La mujer miraba de un lado a otro la habitación, como si temiera algo.

–No es más que la oficina de un abogado, no una cámara de tortura. Por favor, siéntese.

Ella lo miró con desagrado, y un claro mensaje de «no tiene ninguna gracia» en los ojos. Después, se aproximó a una de las sillas.

–¿Quiere un café?

Rosie se sentó.

–Daría cualquier cosa por una taza.

–¡Heather! ¿Puedes preparar unos cafés?

–¡Todavía estoy ayudando a Meredith! –respondió ella en tono cortante.

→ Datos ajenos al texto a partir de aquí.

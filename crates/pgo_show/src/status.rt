// How an explanation ended.
ghost use Rattle.std.specs.Prelude.{◌≡◌, option_map};
ghost use Rattle.pgo_show.specs.Statuses.{number_of, line_of};

/// How an explanation ended. This project's choice.
#[derive(Clone, Copy, Debug, PartialEq, Eq)]
pub enum Status {
    /// The bundle is explained.
    Fine,
    /// The words ask for nothing that there is.
    Usage,
    /// The input failed.
    ReadFault,
    /// The output failed; it holds a prefix of what was to be written.
    WriteFault,
    /// The bundle has more than 268,435,456 bytes.
    TooLong,
    /// The text is no bundle.
    BadBundle,
    /// The words ask for a component that the log doesn't have.
    NoComponent,
    /// There was no memory.
    NoMemory,
}

impl Status {
    /// The exit status: 0, 10, 12, 13, 14, 31 or 40. The words ask for nothing that there is, and have 10, where they ask for a component
    /// that isn't there too.
    pub fn number(self) -> u8
        ensures { result ≡ number_of self }
    {
        match self {
            Status::Fine => 0,
            Status::Usage | Status::NoComponent => 10,
            Status::ReadFault => 12,
            Status::WriteFault => 13,
            Status::TooLong => 14,
            Status::BadBundle => 31,
            Status::NoMemory => 40,
        }
    }

    /// The line that a refusal puts on the error output; none where the bundle is explained, none where a text is no bundle, whose line
    /// names a line of it, and none where a component isn't there, whose line names it.
    pub fn line(self) -> Option<&'static [u8]>
        ensures { option_map (λ l. l.now) result ≡ line_of self }
    {
        match self {
            Status::Fine | Status::BadBundle | Status::NoComponent => None,
            Status::Usage => Some(b"pgo: usage\n"),
            Status::ReadFault => Some(b"pgo: read fault\n"),
            Status::WriteFault => Some(b"pgo: write fault\n"),
            Status::TooLong => Some(b"pgo: too long\n"),
            Status::NoMemory => Some(b"pgo: no memory\n"),
        }
    }
}
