// The top call: words and bytes in, bytes and a status out.
ghost use Rattle.std.specs.Prelude.{◌≡◌, ◌⊎◌, None, IfSome, IfOk, IfErr, OnOk, OnErr};
ghost use Rattle.pgo_io.specs.Faults.{Rose};
ghost use Rattle.pgo_io.specs.Sink.{Grows, GrowsByPrefix};
ghost use Rattle.pgo_show.specs.Makes.{EndsAs, HasLine, IsAtEnd, MadeAsked, ReadsAll, SaysLine, StopsAsked};
ghost use Rattle.pgo_show.specs.Wishes.{asked, component_asked};
ghost use Rattle.pgo_show.specs.Promise.{Promise};
ghost use Rattle.pgo_show.specs.Statuses.{line_of};
ghost use Rattle.pgo_show.specs.Streams.{around};

use crate::ended::Ended;
use crate::explain::make_text;
use crate::status::Status;
use crate::wish::request_of;
use pgo_base::word::Word;
use pgo_io::errors::Failed;
use pgo_io::sink::Sink;
use pgo_io::source::Source;
use pgo_io::write_all::write_all;
use std::alloc::Global;

/// Explains a bundle, which is the input. Without words the output is a text for a person: a line on the whole, and some lines of each
/// instance (`shown` of `pgo_show_text`). With `--svg` it is a picture (`picture` of `pgo_show_picture`), and with `--changes` and a
/// component the values of that component, entry by entry (`changes` of `pgo_show_changes`).
///
/// The input is read to its end, then the bundle is read, then the text is made, and only then is it written,
/// and then flushed. A refusal puts its one line on `err`, whose faults change no status. The statuses are those of `Status`.
/// This project's choice.
pub fn show<S: Source, O: Sink, E: Sink>(
    alloc: Global,
    words: &[Word],
    input: &mut S,
    out: &mut O,
    err: &mut E,
) -> Status
    ensures { Promise words.now (around S.left S.faults input.old input.new) (around O.held O.faults out.old out.new)
        (around E.held E.faults err.old err.new) result }
{
    let made = make(alloc, words, input);
    let ended = write_end(made, out);
    say(err, &ended);
    ended.status
}

/// Puts the line of a refusal on the error output.
fn say<E: Sink>(err: &mut E, ended: &Ended)
    ensures says { ¬ Rose (E.faults err.old) (E.faults err.new) → SaysLine ended.now.status (E.held err.old) (E.held err.new) }
    ensures says_own { line_of ended.now.status ≡ None → ¬ Rose (E.faults err.old) (E.faults err.new) →
        IfSome ended.now.line (λ l. Grows (E.held err.old) (E.held err.new) l) }
    ensures silent { line_of ended.now.status ≡ None → ended.now.line ≡ None → err.new ≡ err.old }
{
    match ended.status.line() {
        Some(line) => {
            let _ = write_all(err, line);
        }
        None => {
            if let Some(line) = &ended.line {
                let _ = write_all(err, line.as_bytes());
            }
        }
    }
}

/// Writes what was made, and says how it ended.
fn write_end<O: Sink>(made: Result<Vec<u8>, Ended>, out: &mut O) -> Ended
    ensures { EndsAs made (around O.held O.faults out.old out.new) result }
{
    match made {
        Ok(text) => match write_text(out, text.as_slice()) {
            Ok(()) => Ended::as_status(Status::Fine),
            Err(_) => Ended::as_status(Status::WriteFault),
        },
        Err(ended) => ended,
    }
}

/// Writes a text, and hands on what the output has kept back of it.
fn write_text<O: Sink>(out: &mut O, text: &[u8]) -> Result<(), Failed>
    ensures all { OnOk result (Grows (O.held out.old) (O.held out.new) text.now) }
    ensures prefix { OnErr result (GrowsByPrefix (O.held out.old) (O.held out.new) text.now) }
    ensures cause { OnErr result (Rose (O.faults out.old) (O.faults out.new)) }
    ensures steady { OnOk result (O.faults out.new ≡ O.faults out.old) }
{
    write_all(out, text)?;
    out.flush()
}

/// Makes what the words ask for, from all of the input.
fn make<S: Source>(alloc: Global, words: &[Word], input: &mut S) -> Result<Vec<u8>, Ended>
    ensures asks { OnOk result (asked words.now ≡ None → ⊥) }
    ensures ok { IfOk result (λ v. IfSome (S.left input.old) (λ text. MadeAsked (asked words.now) text v.items)) }
    ensures err { IfErr result (λ e. StopsAsked (asked words.now) (S.left input.old) (S.faults input.old) (S.faults input.new) e.status) }
    ensures line { IfErr result (λ e. HasLine (component_asked (asked words.now)) (S.left input.old) e.status e.line) }
    ensures unread { asked words.now ≡ None → input.new ≡ input.old }
    ensures ended { OnOk result (IsAtEnd (S.left input.old) (S.left input.new)) }
    ensures steady { OnOk result (S.faults input.new ≡ S.faults input.old) }
    ensures failed { IfErr result (λ e. (e.status ≡ Status.ReadFault) ⊎ (S.faults input.new ≡ S.faults input.old)) }
    ensures ended_refused { IfErr result (λ e. ReadsAll e.status → IsAtEnd (S.left input.old) (S.left input.new)) }
{
    match request_of(words) {
        Some(request) => make_text(alloc, request, input),
        None => Err(Ended::as_status(Status::Usage)),
    }
}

¿A qué la estaba ayudando? ¿A colocarse uno de esos palillos de comida china que llevaba en la cabeza? Miró de nuevo a Rosie.

–¿Azúcar, leche?

–Tres cucharadas de azúcar y mucha leche.

–Eso es una leche merengada, no un café –murmuró Ben y se dirigió hacia la pequeña cocina.

Rosie se acomodó en la silla y observó con detenimiento el santuario del usurpador de sitios de aparcamiento.

Ya llegaba tarde a trabajar, así que otros diez minutos más no tenían ninguna importancia. Odiaba decepcionar así a Teresa, quien detestaba que la gente llegara tarde e, inmediatamente, los ponía en período de prueba.

Rosie no estaba para períodos de prueba, después de todo lo acontecido aquella mañana. Necesitaba un poco más de tiempo para poder negociar lo del aparcamiento con aquel abogado.

Y, teniendo en cuenta a lo que se tendría que enfrentar, también necesitaba desesperadamente una taza de café.

Miró la habitación de arriba abajo. Estaba claro que el decorador había tenido una crisis imaginativa cuando estaba decorando aquello.

En una de la paredes había un montón de imágenes de campos de trigo, y Rosie no pudo evitar sentir nostalgia.

En otra pared, había un motón de cosas de cobre, plumas, piedras, etc…

–Aquí está su café –le dijo él, y le dio la humeante taza.

Se sentó en su silla.

Había en él algo jovial, amable y simpático que le agradaba mucho a Rosie. No llevaba el típico traje de ejecutivo, sino unos sencillos pantalones con un jersey de rombos azules que hacían juego con sus ojos. Quizás su oficina carecía de estilo, pero él no. Y, aunque ella trataba de ignorarlo, era un hombre muy sexy.

–Gracias –dijo ella al recibir el café. Habría preferido que la voz no se le quebrara. Se dio cuenta de que no era solo la voz lo que tenía que controlar, sino su cuerpo.

Desvió su atención rápidamente al dibujo de la taza. Era James Dean, con un cigarrillo en la boca, en la típica pose de Rebelde sin causa.

Él se percató de que ella le prestaba una especial atención al dibujo.

–Mi decoradora las compró para mí –le dijo–. Para mis invitados, prefiero usar mi juego de porcelana, pero la recepcionista se las ha llevado a casa porque tenía una cena.